Or so I thought...
The conversation made me long for a large white flag and a pole from which to wave it.
(With a little poetic license)
Me: (brightly and slightly conspiratorially) "Have you been following the political news lately?"
Student: (eagerly) "Yes, I'm sooo excited about it all"
Me: (Feeling happy about evidence of political activism in the youth) "Cool, what parts?"
Student: "Well, I think it's awesome that we have a woman running for VP. She's going to be awesome."
Me: (back peddling in my mind) "Hmmm? Interesting....so, do you find her views on the issues convincing? What things do you like about her?"
Student: "It's just really important to have women- they would change stuff, and make things better.."

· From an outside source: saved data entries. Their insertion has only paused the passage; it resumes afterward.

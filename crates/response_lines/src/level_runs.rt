//! How long levels of a system run in a trace, beside their bounds.

use crate::asked::rates_in;
use crate::faults::NotTold;
use crate::telling::responses_at;
use responses::{Response, Row};
use source_texts::{SourceText, read, with_budgets};
use std::alloc::{AllocError, Global};
use trace_lines::{Happening, told_by};

/// The physical address at which memory begins.
const MEMORY: u32 = 0x8000_0000;

/// A thread, by the physical address of its TCB, as a trace names it.
#[derive(Clone, Copy)]
struct Runner {
    address: u32,
    priority: u32,
}

/// The steps on end of the threads of a priority and above.
#[derive(Clone, Copy)]
struct LevelRun {
    priority: u32,
    /// Those up to here.
    now: u64,
    longest: u64,
}

impl LevelRun {
    /// A step of a thread of this priority, or of none.
    fn count(&mut self, priority: Option<u32>) {
        self.now = match priority {
            Some(priority) if self.priority <= priority => self.now.saturating_add(1),
            _ => 0,
        };
        self.longest = self.longest.max(self.now);
    }
}

/// The physical address of an object of a system whose objects lie at these offsets.
pub(crate) fn address_of(offsets: &[u32], object: usize) -> Option<u32> {
    match offsets.get(object) {
        Some(offset) => Some(MEMORY.saturating_add(*offset)),
        None => None,
    }
}

/// The threads of a text, whose objects lie at these offsets.
fn runners_of(
    alloc: Global,
    text: &SourceText<'_>,
    offsets: &[u32],
) -> Result<Vec<Runner>, AllocError> {
    let mut runners = Vec::new(alloc);
    for thread in &text.threads {
        if let Some(address) = address_of(offsets, thread.tcb) {
            runners.push(Runner {
                address,
                priority: thread.priority,
            })?;
        }
    }
    Ok(runners)
}

/// The priority of the thread of this name in a trace, if there is one.
fn priority_of(runners: &[Runner], address: u32) -> Option<u32> {
    for runner in runners {
        if runner.address == address {
            return Some(runner.priority);
        }
    }
    None
}

/// Counts a step on each level.
fn count_step(levels: &mut Vec<LevelRun>, priority: Option<u32>) {
    for level in levels {
        level.count(priority);
    }
}

/// Counts the steps of a trace on each level.
fn count_steps(levels: &mut Vec<LevelRun>, runners: &[Runner], trace: &[u8]) {
    for line in trace.split(|byte| *byte == b'\n') {
        match told_by(line) {
            Some(Happening::Ran { thread, .. }) => {
                count_step(levels, priority_of(runners, thread));
            }
            Some(Happening::Idle) => count_step(levels, None),
            _ => {}
        }
    }
}

/// Puts how long a level runs, beside its bound.
fn push_run(to: &mut String, row: &Row, level: &LevelRun) -> Result<(), AllocError> {
    let (priority, longest) = (row.priority, level.longest);
    write!(to, "priority {priority} and above: longest {longest}")?;
    match &row.response {
        Response::Bound(bound) => {
            let steps = bound.steps;
            write!(to, " of at most {steps} instructions on end\n")
        }
        Response::NoBound(_) | Response::TooMuch => {
            to.push_str(" instructions on end, and no bound\n")
        }
    }
}

/// For how many steps on end each level of an image runs at most in a trace of it, beside its bound at the rates that the text says, from the highest
/// priority down. Nothing where it says none.
///
/// # Errors
///
/// The text is of another form; the image is refused; or memory is refused.
pub fn longest_runs(
    alloc: Global,
    image: &[u8],
    content: &str,
    trace: &[u8],
) -> Result<String, NotTold> {
    let rates = rates_in(alloc, content)?;
    let mut said = String::new(alloc);
    if rates.is_empty() {
        return Ok(said);
    }
    let whole = with_budgets(alloc, content)?;
    let text = read(alloc, whole.text.as_str())?;
    let responses = responses_at(alloc, image, rates.as_slice())?;
    let runners = runners_of(alloc, &text, responses.offsets.as_slice())?;
    let mut levels = Vec::new(alloc);
    for row in &responses.rows {
        levels.push(LevelRun {
            priority: row.priority,
            now: 0,
            longest: 0,
        })?;
    }
    count_steps(&mut levels, runners.as_slice(), trace);
    for (row, level) in responses.rows.iter().zip(levels.iter()) {
        push_run(&mut said, row, level)?;
    }
    Ok(said)
}
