//! What a text asks of responses, by comments that are its lines: `#rate LINE BURST [PERIOD]` says how often interrupts of a line come, and after a
//! line `thread` `#within N` that the thread is to deal with each of its interrupts within so many instructions.

use crate::faults::NotTold;
use responses::Rate;
use source_texts::word_at;
use std::alloc::{AllocError, Global};

/// How many lines there are.
pub(crate) const LINES: u32 = 64;

/// The period of a line whose interrupts come no more often than its burst says: longer than any bound.
pub(crate) const NEVER: u64 = 1 << 62;

/// How such comments begin.
const RATE: &str = "#rate ";

const WITHIN: &str = "#within ";

/// `#within N`
#[derive(Clone, Copy)]
pub(crate) struct Within<'t> {
    /// The line of the text.
    pub(crate) line: u64,
    /// The place that it comes from, as a comment after it says.
    pub(crate) place: Option<&'t str>,
    pub(crate) most: u64,
}

/// What a text asks.
#[derive(Drop)]
pub(crate) struct Asked<'t> {
    pub(crate) rates: Vec<Rate>,
    pub(crate) within: Vec<Within<'t>>,
}

/// The number that a word is.
fn number_at(said: &str, place: usize) -> Option<u64> {
    word_at(said, place)?.parse::<u64>().ok()
}

/// A rate, if it is one.
pub(crate) fn rate_of(line: u32, burst: u64, period: u64) -> Option<Rate> {
    if line < LINES && period != 0 {
        Some(Rate {
            line,
            burst,
            period,
        })
    } else {
        None
    }
}

/// The rate that words `LINE BURST [PERIOD]` say.
fn rate_in(said: &str) -> Option<Rate> {
    let line = u32::try_from(number_at(said, 0)?).ok()?;
    let period = match word_at(said, 2) {
        Some(word) => word.parse::<u64>().ok()?,
        None => NEVER,
    };
    rate_of(line, number_at(said, 1)?, period)
}

/// The place that follows what is said, after another `#`.
fn place_after(said: &str) -> Option<&str> {
    let (_, place) = said.split_once('#')?;
    place.split_whitespace().next()
}

/// Puts the rate of a line in the place of the one that it has.
pub(crate) fn put_rate(rates: &mut Vec<Rate>, rate: Rate) -> Result<(), AllocError> {
    match rates.iter().position(|other| other.line == rate.line) {
        Some(place) => {
            if let Some(held) = rates.get_mut(place) {
                *held = rate;
            }
            Ok(())
        }
        None => {
            rates.push(rate)?;
            Ok(())
        }
    }
}

impl<'t> Asked<'t> {
    /// What a line says, whose number this is.
    fn read(&mut self, line: u64, text: &'t str) -> Result<(), NotTold> {
        if let Some(said) = text.strip_prefix(RATE) {
            let Some(rate) = rate_in(said) else {
                return Err(NotTold::Line(line));
            };
            put_rate(&mut self.rates, rate)?;
        }
        if let Some(said) = text.strip_prefix(WITHIN) {
            let Some(most) = number_at(said, 0) else {
                return Err(NotTold::Line(line));
            };
            self.within.push(Within {
                line,
                place: place_after(said),
                most,
            })?;
        }
        Ok(())
    }
}

/// What a text asks.
///
/// # Errors
///
/// A line asks something in another form, or memory is refused.
pub(crate) fn asked_in(alloc: Global, content: &str) -> Result<Asked<'_>, NotTold> {
    let mut asked = Asked {
        rates: Vec::new(alloc),
        within: Vec::new(alloc),
    };
    let mut number = 0u64;
    for line in content.lines() {
        number = number.saturating_add(1);
        asked.read(number, line)?;
    }
    Ok(asked)
}

/// Whether a text says of a thread within how many instructions it is to deal with its interrupts.
pub fn asks_responses(content: &str) -> bool {
    content.lines().any(|line| line.starts_with(WITHIN))
}

/// Whether a text says how often interrupts of some line come.
pub fn says_rates(content: &str) -> bool {
    content.lines().any(|line| line.starts_with(RATE))
}

/// How often interrupts come, as a text says.
///
/// # Errors
///
/// A line asks something in another form, or memory is refused.
pub fn rates_in(alloc: Global, content: &str) -> Result<Vec<Rate>, NotTold> {
    Ok(asked_in(alloc, content)?.rates)
}
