//! Why nothing is told of how soon a system rests.

use model::Refusal;
use source_texts::TextFault;
use std::alloc::{AllocError, AllocFailed};

/// Why nothing is told.
#[derive(Drop)]
pub enum NotTold {
    /// This line of the text, counted from 1, is none of its form.
    Line(u64),
    /// The image is refused.
    Image(Refusal),
    /// Words are no rates, as this line says.
    Wrong(String),
    /// Parts do not keep what they are to, as these lines say.
    Broken(String),
    /// Memory was refused.
    OutOfMemory,
}

impl From<AllocError> for NotTold {
    fn from(_refused: AllocError) -> NotTold {
        NotTold::OutOfMemory
    }
}

impl<T: Drop> From<AllocFailed<T>> for NotTold {
    fn from(_refused: AllocFailed<T>) -> NotTold {
        NotTold::OutOfMemory
    }
}

impl From<TextFault> for NotTold {
    fn from(fault: TextFault) -> NotTold {
        match fault {
            TextFault::Line(line) => NotTold::Line(line),
            TextFault::OutOfMemory => NotTold::OutOfMemory,
        }
    }
}

/// Why an image has no responses.
pub(crate) fn refused(refusal: Refusal) -> NotTold {
    match refusal {
        Refusal::OutOfMemory => NotTold::OutOfMemory,
        refusal => NotTold::Image(refusal),
    }
}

Me: "Hmm....So what kind of stuff do you think she will change?"
Student: "She's going to make things.... better and she'll be great for women's rights"
Me: ('polite' voice) "Umm....Ok... Well, you do know that she's very pro-Iraq war, pro-gun, anti global warming as a concept, pro-life, anti-gay rights etc. right?"
Student: "Yeah, that's true but she's a woman and I think that's cool. We really need that right now."
Me: (smiling tightly): "Interesting....well, it's going to be.....interesting"
And then I slunk away....
It's working! Oh god, it's working!
Now I'd like to think I'm sufficiently open minded not to judge people for their political views. Some of my brightest students have been conservative in intelligent and thought provoking ways. But this is just not very smart, is it?
It bothers me that I did not try to gently disabuse her of those notions- but its hard to do without sounding condescending, patronizing and rude. No wonder the dems are bafflingly polite in the face of blatant lies.
Another day, another reminder of the 'jackass problem' in democracies, as a professor once eloquently put it.